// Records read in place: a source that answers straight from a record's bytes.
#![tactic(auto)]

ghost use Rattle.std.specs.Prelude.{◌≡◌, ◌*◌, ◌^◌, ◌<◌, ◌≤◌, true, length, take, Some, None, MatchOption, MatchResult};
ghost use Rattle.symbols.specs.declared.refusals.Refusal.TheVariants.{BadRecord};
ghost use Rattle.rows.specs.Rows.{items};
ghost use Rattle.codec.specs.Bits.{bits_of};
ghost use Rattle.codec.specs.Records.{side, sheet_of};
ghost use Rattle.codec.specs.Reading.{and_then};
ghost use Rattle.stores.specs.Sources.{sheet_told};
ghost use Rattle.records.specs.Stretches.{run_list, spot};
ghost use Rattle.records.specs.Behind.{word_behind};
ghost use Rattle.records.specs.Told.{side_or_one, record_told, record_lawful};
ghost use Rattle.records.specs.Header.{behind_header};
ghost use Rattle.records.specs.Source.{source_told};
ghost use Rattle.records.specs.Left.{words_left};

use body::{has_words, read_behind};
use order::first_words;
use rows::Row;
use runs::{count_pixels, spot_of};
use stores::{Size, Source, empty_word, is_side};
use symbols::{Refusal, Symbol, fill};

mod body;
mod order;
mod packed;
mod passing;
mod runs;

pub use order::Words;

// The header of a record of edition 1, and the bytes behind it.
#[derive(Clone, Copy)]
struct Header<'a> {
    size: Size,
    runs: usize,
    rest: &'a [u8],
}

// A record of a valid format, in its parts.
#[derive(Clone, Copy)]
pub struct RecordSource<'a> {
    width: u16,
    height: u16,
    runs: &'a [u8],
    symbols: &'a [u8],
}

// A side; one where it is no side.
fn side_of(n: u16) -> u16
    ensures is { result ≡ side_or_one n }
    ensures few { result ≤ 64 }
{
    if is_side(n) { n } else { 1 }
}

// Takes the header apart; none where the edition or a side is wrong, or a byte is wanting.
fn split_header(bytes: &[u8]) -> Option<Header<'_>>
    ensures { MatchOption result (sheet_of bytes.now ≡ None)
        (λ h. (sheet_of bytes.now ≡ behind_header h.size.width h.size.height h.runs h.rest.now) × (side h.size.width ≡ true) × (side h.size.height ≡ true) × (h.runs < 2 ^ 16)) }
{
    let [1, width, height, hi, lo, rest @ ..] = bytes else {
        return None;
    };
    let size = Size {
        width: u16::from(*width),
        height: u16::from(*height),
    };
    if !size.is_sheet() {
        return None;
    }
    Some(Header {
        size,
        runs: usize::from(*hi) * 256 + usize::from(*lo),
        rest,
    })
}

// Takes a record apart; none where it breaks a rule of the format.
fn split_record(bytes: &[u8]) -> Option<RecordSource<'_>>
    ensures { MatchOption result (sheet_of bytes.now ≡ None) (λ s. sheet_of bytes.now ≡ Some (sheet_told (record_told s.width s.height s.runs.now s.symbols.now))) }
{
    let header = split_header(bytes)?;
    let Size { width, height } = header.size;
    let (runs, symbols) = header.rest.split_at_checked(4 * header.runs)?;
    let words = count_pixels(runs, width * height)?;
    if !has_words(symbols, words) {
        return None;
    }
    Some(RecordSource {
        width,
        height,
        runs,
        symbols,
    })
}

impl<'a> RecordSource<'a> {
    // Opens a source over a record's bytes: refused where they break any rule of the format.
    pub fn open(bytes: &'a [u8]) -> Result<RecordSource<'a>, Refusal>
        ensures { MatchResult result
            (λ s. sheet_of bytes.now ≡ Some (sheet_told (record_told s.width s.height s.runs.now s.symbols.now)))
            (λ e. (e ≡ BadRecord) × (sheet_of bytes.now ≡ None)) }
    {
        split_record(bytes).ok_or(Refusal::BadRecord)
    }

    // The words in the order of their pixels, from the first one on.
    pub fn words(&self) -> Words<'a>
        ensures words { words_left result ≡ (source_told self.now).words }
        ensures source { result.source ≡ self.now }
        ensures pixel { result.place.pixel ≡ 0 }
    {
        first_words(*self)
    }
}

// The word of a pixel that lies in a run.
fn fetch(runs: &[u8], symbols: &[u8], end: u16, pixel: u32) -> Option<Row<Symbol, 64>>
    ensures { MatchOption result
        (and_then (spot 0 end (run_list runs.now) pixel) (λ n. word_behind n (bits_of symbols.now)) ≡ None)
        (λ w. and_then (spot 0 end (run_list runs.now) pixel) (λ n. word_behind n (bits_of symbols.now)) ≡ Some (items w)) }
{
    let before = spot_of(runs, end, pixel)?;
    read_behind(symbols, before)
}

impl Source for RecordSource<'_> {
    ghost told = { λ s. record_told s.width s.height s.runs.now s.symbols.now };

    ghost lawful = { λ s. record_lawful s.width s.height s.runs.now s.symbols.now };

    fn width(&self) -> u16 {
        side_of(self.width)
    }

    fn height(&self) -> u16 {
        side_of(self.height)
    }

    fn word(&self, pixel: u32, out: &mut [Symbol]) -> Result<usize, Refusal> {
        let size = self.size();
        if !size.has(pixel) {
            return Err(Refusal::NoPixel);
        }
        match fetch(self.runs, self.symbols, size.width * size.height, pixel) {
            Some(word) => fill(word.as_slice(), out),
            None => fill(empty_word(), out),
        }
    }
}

☆ ☆ ☆ ☆ ☆

§ **The task**: Go through the material above and output exactly the lines from the one containing "fn split_header(bytes: &[u8])" through the one containing "first one on.".

§ **Exercise answer**:
fn split_header(bytes: &[u8]) -> Option<Header<'_>>
    ensures { MatchOption result (sheet_of bytes.now ≡ None)
        (λ h. (sheet_of bytes.now ≡ behind_header h.size.width h.size.height h.runs h.rest.now) × (side h.size.width ≡ true) × (side h.size.height ≡ true) × (h.runs < 2 ^ 16)) }
{
    let [1, width, height, hi, lo, rest @ ..] = bytes else {
        return None;
    };
    let size = Size {
        width: u16::from(*width),
        height: u16::from(*height),
    };
    if !size.is_sheet() {
        return None;
    }
    Some(Header {
        size,
        runs: usize::from(*hi) * 256 + usize::from(*lo),
        rest,
    })
}

// Takes a record apart; none where it breaks a rule of the format.
fn split_record(bytes: &[u8]) -> Option<RecordSource<'_>>
    ensures { MatchOption result (sheet_of bytes.now ≡ None) (λ s. sheet_of bytes.now ≡ Some (sheet_told (record_told s.width s.height s.runs.now s.symbols.now))) }
{
    let header = split_header(bytes)?;
    let Size { width, height } = header.size;
    let (runs, symbols) = header.rest.split_at_checked(4 * header.runs)?;
    let words = count_pixels(runs, width * height)?;
    if !has_words(symbols, words) {
        return None;
    }
    Some(RecordSource {
        width,
        height,
        runs,
        symbols,
    })
}

impl<'a> RecordSource<'a> {
    // Opens a source over a record's bytes: refused where they break any rule of the format.
    pub fn open(bytes: &'a [u8]) -> Result<RecordSource<'a>, Refusal>
        ensures { MatchResult result
            (λ s. sheet_of bytes.now ≡ Some (sheet_told (record_told s.width s.height s.runs.now s.symbols.now)))
            (λ e. (e ≡ BadRecord) × (sheet_of bytes.now ≡ None)) }
    {
        split_record(bytes).ok_or(Refusal::BadRecord)
    }

    // The words in the order of their pixels, from the first one on.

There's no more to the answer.